General Statutes § 14-215 provides: “(a)Noperson to whom an operator’s license has been refused, or whose operator’s license or right to operate a motor vehicle in this state has been suspended or revoked, shall operate any motor vehicle during the period of such refusal, suspension or revocation. No person shall operate or cause to be operated any motor vehicle, the registration of which has been refused, suspended or revoked, or any motor vehicle, the right to operate which has been suspended or revoked.
“(b) Except as provided in subsection (c) of this section, any person who violates any provision of subsection (a) of this section shall be fined not less than one hundred fifty dollars nor more than two hundred dollars or imprisoned not more than ninety days or be both fined and imprisoned for the first offense, and for any subsequent offense shall be fined not less than two hundred dollars nor more than six hundred dollars or imprisoned not more than one year or be both fined and imprisoned.

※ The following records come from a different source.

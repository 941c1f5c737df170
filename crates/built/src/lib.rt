// What `from_params` gives, as a design takes it: theorems about the definitions; no code.
#![tactic(auto)]
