// Packet headers as values, and the tests of service and P_Key. The definitions of reading and writing them, and the
// proof that each undoes the other, stand in specs/ and proofs/; the code in decode and encode.
#![tactic(auto)]

ghost use Rattle.std.specs.Prelude.{◌≡◌};
ghost use Rattle.header.specs.Read.{other_service, check_number};
ghost use Rattle.header.specs.Check.{pkeys_match};
ghost use Rattle.header.specs.Refusal.{refusal_number};

use sequence::{Msn, Psn};

// How many queue pair numbers there are.
pub const QPN_SPACE: u32 = 16777216;

// The top bit of a P_Key: a full member's.
pub const PKEY_TOP: u16 = 32768;

// Bytes of the longest packet.
pub const PACKET_LIMIT: usize = 4128;

// The number of the answer, also to C, to a packet whose header does not read: a quiet drop.
pub const QUIET_DROP: u8 = 5;

// The numbers of the refusals.
pub const OUT_OF_RANGE: u8 = 34;

pub const OUTPUT_SHORT: u8 = 35;

pub const BAD_NUMBER: u8 = 39;

// Base transport header.
#[derive(Clone, Copy, Default)]
pub struct Bth {
    pub opcode: u8,
    pub se: bool,
    pub migreq: bool,
    pub pad: u8,
    pub tver: u8,
    pub pkey: u16,
    pub reserved8: u8,
    pub dest: u32,
    pub ackreq: bool,
    pub reserved7: u8,
    pub psn: Psn,
}

// RDMA extended transport header.
#[derive(Clone, Copy)]
pub struct Reth {
    pub address: u64,
    pub key: u32,
    pub length: u32,
}

// Atomic extended transport header; swap is also FetchAdd's addend.
#[derive(Clone, Copy)]
pub struct AtomicEth {
    pub address: u64,
    pub key: u32,
    pub swap: u64,
    pub compare: u64,
}

// Acknowledge extended transport header.
#[derive(Clone, Copy)]
pub struct Aeth {
    pub syndrome: u8,
    pub msn: Msn,
}

// The headers after the BTH, in wire order, as one value: an absent header has no field to hold junk.
#[derive(Clone, Copy)]
pub enum Extension {
    Bare,
    Remote(Reth),
    RemoteImmediate(Reth, u32),
    Immediate(u32),
    Atomic(AtomicEth),
    Acknowledge(Aeth),
    AtomicAcknowledge(Aeth, u64),
}

#[derive(Clone, Copy)]
pub struct Header {
    pub bth: Bth,
    pub extension: Extension,
}

// Why a packet is dropped: the header check that failed, in their order.
#[derive(Clone, Copy, Debug, PartialEq, Eq)]
pub enum Reason {
    Length,
    Version,
    Number,
    Key,
    Service,
    Response,
    Unserved,
    Short,
    NotReady,
}

// The check's number.
impl From<Reason> for u8 {
    ghost from_gives = { λ reason n. n ≡ check_number reason };

    fn from(reason: Reason) -> u8
        ensures { result ≡ check_number reason }
    {
        match reason {
            Reason::Length => 1,
            Reason::Version => 2,
            Reason::Number => 3,
            Reason::Key => 4,
            Reason::Service => 5,
            Reason::Response => 6,
            Reason::Unserved => 7,
            Reason::Short => 8,
            Reason::NotReady => 9,
        }
    }
}

// Why a call that writes or counts is refused. A header is a BadNumber where there is no such header, OutputShort where
// the output is too short for it.
#[derive(Clone, Copy, Debug, PartialEq, Eq)]
pub enum Refusal {
    OutOfRange,
    OutputShort,
    BadNumber,
}

impl From<Refusal> for u8 {
    ghost from_gives = { λ refusal number. number ≡ refusal_number refusal };

    fn from(refusal: Refusal) -> u8
        ensures { result ≡ refusal_number refusal }
    {
        match refusal {
            Refusal::OutOfRange => OUT_OF_RANGE,
            Refusal::OutputShort => OUTPUT_SHORT,
            Refusal::BadNumber => BAD_NUMBER,
        }
    }
}

// Whether service bits are neither RC's nor UC's.
#[tactic(auto, unfolding(crate::specs::Read::other_service))]
pub fn other_service(service: u8) -> bool
    ensures { result ≡ other_service service }
{
    opcode::UC < service
}

// Whether two P_Keys match, so that their owners may talk.
#[tactic(auto, unfolding(crate::specs::Check::pkeys_match, crate::specs::Check::full_member))]
pub fn pkeys_match(theirs: u16, ours: u16) -> bool
    ensures { result ≡ pkeys_match theirs ours }
{
    theirs % PKEY_TOP == ours % PKEY_TOP
        && theirs % PKEY_TOP != 0
        && (PKEY_TOP <= theirs || PKEY_TOP <= ours)
}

“(c) Any person who operates any motor vehicle during the period his operator’s license or right to operate a motor vehicle in this state is under suspension or revocation on account of a violation of subsection (a) of section 14-227a or section 53a-56b or 53a-60d or pursuant to section 14-227b, shall be fined not less than five hundred dollars nor more than one thousand dollars and imprisoned not more than one year, and, in the absence of any mitigating circumstances as determined by the court, thirty consecutive days of the sentence imposed may not be suspended or reduced in any manner. The court shall specifically state in writing for the record the mitigating circumstances, or the absence thereof.”
The defendant’s sentence was to run concurrently with a sentence that he previously had received.
In charging on the second element, the court instructed the jury in relevant part as follows: “The law defines ‘parking area’ as lots, areas or other accommodations for the parking of motor vehicles off the street or highway and open to the public use with or without charge.
“Now, with regard to that, open to the public. For an area to be open to the public, it does not have to be open to everybody all the time. The essential feature of public use is that it is not confined to a privileged individual. It is not confined to privileged individuals or groups whose fitness or eligibility is gauged by some predetermined criteria, but is open to the indefinite public. It is the indefiniteness or unrestricted quality of potential users that gives a use its public character. Any parking lot which the general public has access to is a public parking lot for purposes of this case.”